== What this task involves ==
Go through the material below, find each line with the word "alloc", and copy those lines.
>>>
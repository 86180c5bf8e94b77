//! One connection, from its first byte to the entry of its end.
ghost use Rattle.std.specs.Prelude.{◌≡◌, ◌≤◌, ◌<◌, ◌⊎◌, [], ℕ, List, Option, OnOk, IfOk, IsErrOf};
ghost use Rattle.io_edges.specs.Causes.{Rose};
ghost use Rattle.io_edges.specs.NextLine.{Reads};
ghost use Rattle.io_edges.specs.Reading.{work_left};
ghost use Rattle.session_gate.specs.Gate.{IsPassOf};
ghost use Rattle.grist_serve.specs.Link.{DoesNothing, EndsBy, HasFewBytes, IsInner, IsServing, ServesLink, TakesTurn, TellsGone};
ghost use Rattle.grist_serve.specs.Turns.{CorePass};

use crate::answering::{Buffers, answer};
use bundle_core::Event;
use cell_types::Name;
use doc_keeper::Keeper;
use doc_model::Request;
use io_edges::{LineReader, Link, NextLine, Outbox, ReadEnd, SessionEnd, Sink, Source};
use session_gate::{Gate, Pass};
use std::alloc::{AllocError, Global};
use std::sync::Wait;
use std::thread::Threads;
use watch_box::Watcher;
use watched_core::WatchedCore;

/// Serves one connection: answers its lines as requests of the session, and then tells its end.
///
/// It may wait for turns. Memory: what it needs for itself is taken first; where there is none, the
/// end is `NoMemory`, and nothing was read, asked or written. Whatever the end else is, an open
/// session is closed by it.
pub fn serve_link<R: Threads + Wait + Sync, K: Keeper, W: Watcher, L: Link>(
    rt: &R,
    alloc: Global,
    gate: &Gate<WatchedCore<K, W>>,
    pass: &mut Pass<WatchedCore<K, W>>,
    session: &Name,
    link: &mut L,
) -> SessionEnd
    requires { IsPassOf gate.now pass.old }
    ensures own { IsPassOf gate.now pass.new }
    ensures serves { ServesLink result session.now (L.left link.old) (L.left link.new)
        pass.old pass.new (L.written link.old) (L.written link.new)
        ⊎ DoesNothing result (L.left link.old) (L.left link.new)
        pass.old pass.new (L.written link.old) (L.written link.new) }
    ensures read_later { L.Source.faults link.old ≤ L.Source.faults link.new }
    ensures write_later { L.Sink.faults link.old ≤ L.Sink.faults link.new }

    // A fault is told only where that count of this link rose.
    ensures read_fault { result ≡ SessionEnd.ReadFault
        → Rose (L.Source.faults link.old) (L.Source.faults link.new) }
    ensures write_fault { result ≡ SessionEnd.WriteFault
        → Rose (L.Sink.faults link.old) (L.Sink.faults link.new) }

    // Where no count rose and few bytes are told to be left, no other end comes.
    ensures complete { (Rose (L.Source.faults link.old) (L.Source.faults link.new) → ⊥)
        → (Rose (L.Sink.faults link.old) (L.Sink.faults link.new) → ⊥)
        → HasFewBytes (L.left link.old) → IsInner result }
{
    let Ok(name) = session.clone() else {
        return SessionEnd::NoMemory;
    };
    let Ok(mut buffers) = new_buffers(alloc) else {
        drop(name);
        return SessionEnd::NoMemory;
    };
    let end = serve_lines(rt, alloc, gate, pass, session, &mut buffers, link);
    tell_gone(rt, gate, pass, name);
    end
}

/// The buffers of a link of which nothing was read.
pub(crate) fn new_buffers(alloc: Global) -> Result<Buffers, AllocError>
    ensures ahead { IfOk result (λ b. b.reader.ahead ≡ []) }
    ensures turns { IfOk result (λ b. b.reader.turns ≡ 0) }
    ensures empty { IfOk result (λ b. b.outbox ≡ []) }
{
    let reader = LineReader::new(alloc)?;
    let outbox = Outbox::new(alloc)?;
    Ok(Buffers { reader, outbox })
}

// Tells the core that the connection ended.
fn tell_gone<R: Threads + Wait + Sync, K: Keeper, W: Watcher>(
    rt: &R,
    gate: &Gate<WatchedCore<K, W>>,
    pass: &mut Pass<WatchedCore<K, W>>,
    session: Name,
)
    requires { IsPassOf gate.now pass.old }
    ensures own { IsPassOf gate.now pass.new }
    ensures gone { TellsGone session pass.old pass.new }
{
    let event = Event {
        session,
        request: Request::Gone,
        size: 0,
    };
    let answer = gate.call(rt, pass, event);
    let Ok(_given) = answer else { unreachable!() };
}

// Answers the lines of a link.
fn serve_lines<R: Threads + Wait + Sync, K: Keeper, W: Watcher, L: Link>(
    rt: &R,
    alloc: Global,
    gate: &Gate<WatchedCore<K, W>>,
    pass: &mut Pass<WatchedCore<K, W>>,
    session: &Name,
    buffers: &mut Buffers,
    link: &mut L,
) -> SessionEnd
    requires pass { IsPassOf gate.now pass.old }
    requires ahead { buffers.old.reader.ahead ≡ [] }
    requires turns { buffers.old.reader.turns ≡ 0 }
    requires empty { buffers.old.outbox ≡ [] }
    ensures own { IsPassOf gate.now pass.new }
    ensures ends { EndsBy result session.now (L.left link.old) (L.left link.new)
        pass.old pass.new (L.written link.old) (L.written link.new) }
    ensures read_later { L.Source.faults link.old ≤ L.Source.faults link.new }
    ensures write_later { L.Sink.faults link.old ≤ L.Sink.faults link.new }
    ensures read_fault { result ≡ SessionEnd.ReadFault
        → Rose (L.Source.faults link.old) (L.Source.faults link.new) }
    ensures write_fault { result ≡ SessionEnd.WriteFault
        → Rose (L.Sink.faults link.old) (L.Sink.faults link.new) }
{
    loop {
        if let Err(end) = take_turn(rt, alloc, gate, pass, session, buffers, link) {
            return end;
        }
    }
}

// Reads the next line and answers it, or says how the link ends.
fn take_turn<R: Threads + Wait + Sync, K: Keeper, W: Watcher, L: Link>(
    rt: &R,
    alloc: Global,
    gate: &Gate<WatchedCore<K, W>>,
    pass: &mut Pass<WatchedCore<K, W>>,
    session: &Name,
    buffers: &mut Buffers,
    link: &mut L,
) -> Result<(), SessionEnd>
    requires pass { IsPassOf gate.now pass.old }
    requires empty { buffers.old.outbox ≡ [] }
    ensures own { IsPassOf gate.now pass.new }
    ensures turn { (l w : Option (List ℕ)) (old : CorePass)
        → IsServing session.now l (L.left link.old) old pass.old w (L.written link.old)
        buffers.old.reader
        → TakesTurn result session.now l (L.left link.new) old pass.new w (L.written link.new)
        buffers.new.reader }
    ensures empty { buffers.new.outbox ≡ [] }
    ensures falls { OnOk result
        (work_left buffers.new.reader < work_left buffers.old.reader) }
    ensures read_later { L.Source.faults link.old ≤ L.Source.faults link.new }
    ensures write_later { L.Sink.faults link.old ≤ L.Sink.faults link.new }
    ensures read_fault { IsErrOf result SessionEnd.ReadFault
        → Rose (L.Source.faults link.old) (L.Source.faults link.new) }
    ensures write_fault { IsErrOf result SessionEnd.WriteFault
        → Rose (L.Sink.faults link.old) (L.Sink.faults link.new) }
{
    match read_line(&mut buffers.reader, link) {
        Ok(NextLine::Line) => match answer(rt, alloc, gate, pass, session, buffers, link) {
            Ok(false) => Ok(()),
            Ok(true) => Err(SessionEnd::Closed),
            Err(end) => Err(end),
        },
        Ok(NextLine::Last) => match answer(rt, alloc, gate, pass, session, buffers, link) {
            Ok(_) => Err(SessionEnd::Closed),
            Err(end) => Err(end),
        },
        Ok(NextLine::End) => Err(SessionEnd::Closed),
        Err(ReadEnd::ReadFault) => Err(SessionEnd::ReadFault),
        Err(ReadEnd::TurnsSpent) => Err(SessionEnd::TurnsSpent),
        Err(ReadEnd::NoMemory) => Err(SessionEnd::NoMemory),
    }
}

/// Reads the next line. What went out stays as it is.
pub(crate) fn read_line<L: Link>(reader: &mut LineReader, link: &mut L) -> Result<NextLine, ReadEnd>
    ensures reads { Reads result reader.old reader.new (L.left link.old) (L.left link.new) }
    ensures written { L.written link.new ≡ L.written link.old }
    ensures write_faults { L.Sink.faults link.new ≡ L.Sink.faults link.old }
    ensures falls { IfOk result
        (λ next. next ≡ NextLine.Line → work_left reader.new < work_left reader.old) }
    ensures later { L.Source.faults link.old ≤ L.Source.faults link.new }
    ensures fault { IsErrOf result ReadEnd.ReadFault
        → Rose (L.Source.faults link.old) (L.Source.faults link.new) }
    ensures spent { IsErrOf result ReadEnd.TurnsSpent → reader.new.turns ≡ 4294967296 }
{
    reader.next_line(link)
}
<<<
== Answer to this exercise ==
use std::alloc::{AllocError, Global};
    alloc: Global,
    let Ok(mut buffers) = new_buffers(alloc) else {
    let end = serve_lines(rt, alloc, gate, pass, session, &mut buffers, link);
pub(crate) fn new_buffers(alloc: Global) -> Result<Buffers, AllocError>
    let reader = LineReader::new(alloc)?;
    let outbox = Outbox::new(alloc)?;
    alloc: Global,
        if let Err(end) = take_turn(rt, alloc, gate, pass, session, buffers, link) {
    alloc: Global,
        Ok(NextLine::Line) => match answer(rt, alloc, gate, pass, session, buffers, link) {
        Ok(NextLine::Last) => match answer(rt, alloc, gate, pass, session, buffers, link) {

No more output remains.